*** SOURCE DATA
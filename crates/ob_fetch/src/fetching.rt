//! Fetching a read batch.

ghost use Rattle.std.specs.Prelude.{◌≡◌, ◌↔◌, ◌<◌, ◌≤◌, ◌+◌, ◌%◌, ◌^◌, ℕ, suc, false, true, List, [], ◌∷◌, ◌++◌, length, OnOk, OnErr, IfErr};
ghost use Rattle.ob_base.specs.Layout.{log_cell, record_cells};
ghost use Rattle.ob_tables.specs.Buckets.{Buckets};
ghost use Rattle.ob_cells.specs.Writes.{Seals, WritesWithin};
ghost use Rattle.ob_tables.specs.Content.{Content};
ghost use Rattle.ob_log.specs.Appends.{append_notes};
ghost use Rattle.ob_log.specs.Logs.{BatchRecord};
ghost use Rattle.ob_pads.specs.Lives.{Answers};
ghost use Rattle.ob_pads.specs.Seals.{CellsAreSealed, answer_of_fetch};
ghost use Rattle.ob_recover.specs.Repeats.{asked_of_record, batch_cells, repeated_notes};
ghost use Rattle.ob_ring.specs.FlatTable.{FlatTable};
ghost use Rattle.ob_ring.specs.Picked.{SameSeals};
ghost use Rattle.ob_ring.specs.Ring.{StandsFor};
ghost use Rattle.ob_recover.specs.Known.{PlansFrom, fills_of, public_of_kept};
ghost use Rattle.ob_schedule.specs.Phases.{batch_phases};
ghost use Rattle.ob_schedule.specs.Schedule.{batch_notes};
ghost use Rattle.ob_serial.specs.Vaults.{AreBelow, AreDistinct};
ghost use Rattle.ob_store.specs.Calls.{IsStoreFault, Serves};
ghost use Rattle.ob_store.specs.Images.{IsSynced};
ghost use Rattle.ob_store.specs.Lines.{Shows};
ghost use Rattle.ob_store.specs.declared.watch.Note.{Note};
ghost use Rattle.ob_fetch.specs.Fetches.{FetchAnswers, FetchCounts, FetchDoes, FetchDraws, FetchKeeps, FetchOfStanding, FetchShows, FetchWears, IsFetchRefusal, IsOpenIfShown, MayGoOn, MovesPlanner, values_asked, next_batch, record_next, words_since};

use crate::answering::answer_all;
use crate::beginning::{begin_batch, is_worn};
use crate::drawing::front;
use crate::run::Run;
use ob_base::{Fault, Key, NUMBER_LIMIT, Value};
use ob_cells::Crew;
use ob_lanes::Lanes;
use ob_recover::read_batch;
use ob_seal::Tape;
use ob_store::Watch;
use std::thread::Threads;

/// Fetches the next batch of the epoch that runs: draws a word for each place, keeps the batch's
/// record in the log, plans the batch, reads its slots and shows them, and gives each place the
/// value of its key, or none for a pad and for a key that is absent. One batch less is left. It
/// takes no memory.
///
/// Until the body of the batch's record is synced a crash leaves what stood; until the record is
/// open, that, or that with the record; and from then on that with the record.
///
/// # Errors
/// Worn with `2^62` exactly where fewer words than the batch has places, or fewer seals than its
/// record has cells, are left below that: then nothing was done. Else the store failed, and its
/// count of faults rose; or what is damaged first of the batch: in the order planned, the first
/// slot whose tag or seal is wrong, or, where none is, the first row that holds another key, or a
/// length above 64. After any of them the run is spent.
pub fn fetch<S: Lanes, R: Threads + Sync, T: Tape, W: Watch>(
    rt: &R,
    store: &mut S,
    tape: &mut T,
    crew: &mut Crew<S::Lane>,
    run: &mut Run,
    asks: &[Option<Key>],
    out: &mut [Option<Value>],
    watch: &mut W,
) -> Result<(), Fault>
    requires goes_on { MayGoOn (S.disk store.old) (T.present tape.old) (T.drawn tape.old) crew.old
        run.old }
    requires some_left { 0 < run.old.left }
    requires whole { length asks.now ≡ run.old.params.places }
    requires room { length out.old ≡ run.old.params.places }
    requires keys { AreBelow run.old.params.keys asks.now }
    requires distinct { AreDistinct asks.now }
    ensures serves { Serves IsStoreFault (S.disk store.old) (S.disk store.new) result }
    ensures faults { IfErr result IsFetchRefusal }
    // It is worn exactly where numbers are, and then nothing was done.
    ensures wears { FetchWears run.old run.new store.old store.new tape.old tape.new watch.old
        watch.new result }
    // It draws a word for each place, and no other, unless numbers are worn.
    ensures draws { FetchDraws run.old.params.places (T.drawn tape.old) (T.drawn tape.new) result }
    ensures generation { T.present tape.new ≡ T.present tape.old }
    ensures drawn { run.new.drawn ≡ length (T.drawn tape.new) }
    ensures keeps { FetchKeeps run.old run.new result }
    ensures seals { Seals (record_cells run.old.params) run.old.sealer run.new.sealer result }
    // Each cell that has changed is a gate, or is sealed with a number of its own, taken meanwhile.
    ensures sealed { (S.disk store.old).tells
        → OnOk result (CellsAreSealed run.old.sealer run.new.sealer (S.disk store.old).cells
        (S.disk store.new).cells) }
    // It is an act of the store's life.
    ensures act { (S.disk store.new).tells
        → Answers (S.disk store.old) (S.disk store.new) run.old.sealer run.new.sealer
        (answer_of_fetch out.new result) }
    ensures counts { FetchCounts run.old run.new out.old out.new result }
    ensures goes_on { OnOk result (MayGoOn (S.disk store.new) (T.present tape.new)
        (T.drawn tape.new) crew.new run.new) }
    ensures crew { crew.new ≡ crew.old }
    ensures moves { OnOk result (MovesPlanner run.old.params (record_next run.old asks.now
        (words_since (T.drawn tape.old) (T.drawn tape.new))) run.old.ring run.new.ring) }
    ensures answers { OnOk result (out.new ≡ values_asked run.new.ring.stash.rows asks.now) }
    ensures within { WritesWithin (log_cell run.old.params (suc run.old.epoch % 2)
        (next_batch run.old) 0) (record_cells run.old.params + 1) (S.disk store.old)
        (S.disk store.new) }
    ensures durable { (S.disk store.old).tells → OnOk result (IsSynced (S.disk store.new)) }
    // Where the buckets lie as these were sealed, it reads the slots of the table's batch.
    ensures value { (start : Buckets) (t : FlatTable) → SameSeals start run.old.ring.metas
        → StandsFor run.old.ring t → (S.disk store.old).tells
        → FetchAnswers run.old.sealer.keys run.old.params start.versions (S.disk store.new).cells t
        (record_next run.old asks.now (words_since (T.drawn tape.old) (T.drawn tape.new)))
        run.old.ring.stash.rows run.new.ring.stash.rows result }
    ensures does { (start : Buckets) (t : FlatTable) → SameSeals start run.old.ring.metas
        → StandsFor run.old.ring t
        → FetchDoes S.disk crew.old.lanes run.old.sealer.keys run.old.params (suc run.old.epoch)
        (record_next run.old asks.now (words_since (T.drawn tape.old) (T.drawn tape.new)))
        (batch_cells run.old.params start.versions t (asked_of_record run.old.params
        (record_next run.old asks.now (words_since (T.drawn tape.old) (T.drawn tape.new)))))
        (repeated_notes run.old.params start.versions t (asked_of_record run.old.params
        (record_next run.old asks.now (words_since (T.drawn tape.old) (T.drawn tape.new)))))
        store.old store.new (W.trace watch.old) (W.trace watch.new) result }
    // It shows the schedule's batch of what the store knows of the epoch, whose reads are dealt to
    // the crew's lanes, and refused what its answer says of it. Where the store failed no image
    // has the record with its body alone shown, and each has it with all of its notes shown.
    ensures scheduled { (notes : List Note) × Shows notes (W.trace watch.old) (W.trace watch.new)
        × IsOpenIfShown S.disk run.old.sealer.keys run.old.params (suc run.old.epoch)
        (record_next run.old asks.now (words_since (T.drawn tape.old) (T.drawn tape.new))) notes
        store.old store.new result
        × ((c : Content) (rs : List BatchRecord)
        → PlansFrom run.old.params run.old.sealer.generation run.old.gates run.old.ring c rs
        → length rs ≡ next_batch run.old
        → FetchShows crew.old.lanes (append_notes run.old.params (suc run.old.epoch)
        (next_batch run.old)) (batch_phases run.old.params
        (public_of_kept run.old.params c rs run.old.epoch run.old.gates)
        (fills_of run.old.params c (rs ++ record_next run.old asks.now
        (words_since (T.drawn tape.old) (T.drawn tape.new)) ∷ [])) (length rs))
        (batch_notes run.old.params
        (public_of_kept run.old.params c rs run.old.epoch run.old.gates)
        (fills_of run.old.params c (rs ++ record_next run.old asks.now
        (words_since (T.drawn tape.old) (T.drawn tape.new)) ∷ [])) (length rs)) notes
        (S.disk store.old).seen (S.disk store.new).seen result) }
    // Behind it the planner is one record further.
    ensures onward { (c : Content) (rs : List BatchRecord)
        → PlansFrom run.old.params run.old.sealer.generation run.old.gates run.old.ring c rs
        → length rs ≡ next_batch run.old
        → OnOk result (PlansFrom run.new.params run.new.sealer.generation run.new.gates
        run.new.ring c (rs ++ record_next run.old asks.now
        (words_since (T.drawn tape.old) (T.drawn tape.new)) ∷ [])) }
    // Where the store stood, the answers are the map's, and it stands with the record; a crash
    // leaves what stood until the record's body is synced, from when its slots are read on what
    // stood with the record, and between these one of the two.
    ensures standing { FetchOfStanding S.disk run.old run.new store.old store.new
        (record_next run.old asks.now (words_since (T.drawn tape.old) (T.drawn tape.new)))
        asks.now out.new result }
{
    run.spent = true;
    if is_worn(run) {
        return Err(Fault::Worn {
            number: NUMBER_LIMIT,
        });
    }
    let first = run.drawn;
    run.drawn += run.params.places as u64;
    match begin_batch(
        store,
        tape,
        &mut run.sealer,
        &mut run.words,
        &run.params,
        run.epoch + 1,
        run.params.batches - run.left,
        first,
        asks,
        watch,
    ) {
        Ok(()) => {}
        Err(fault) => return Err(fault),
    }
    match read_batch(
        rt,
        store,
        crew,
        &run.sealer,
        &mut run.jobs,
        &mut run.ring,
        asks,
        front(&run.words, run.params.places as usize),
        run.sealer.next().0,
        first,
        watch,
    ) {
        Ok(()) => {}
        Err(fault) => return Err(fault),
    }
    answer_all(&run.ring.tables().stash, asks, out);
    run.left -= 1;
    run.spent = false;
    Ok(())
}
******
### PROBLEM TO SOLVE
How many lines of these records include the word "versions"? Only the number should be written.

### REPLY TO THE TASK
3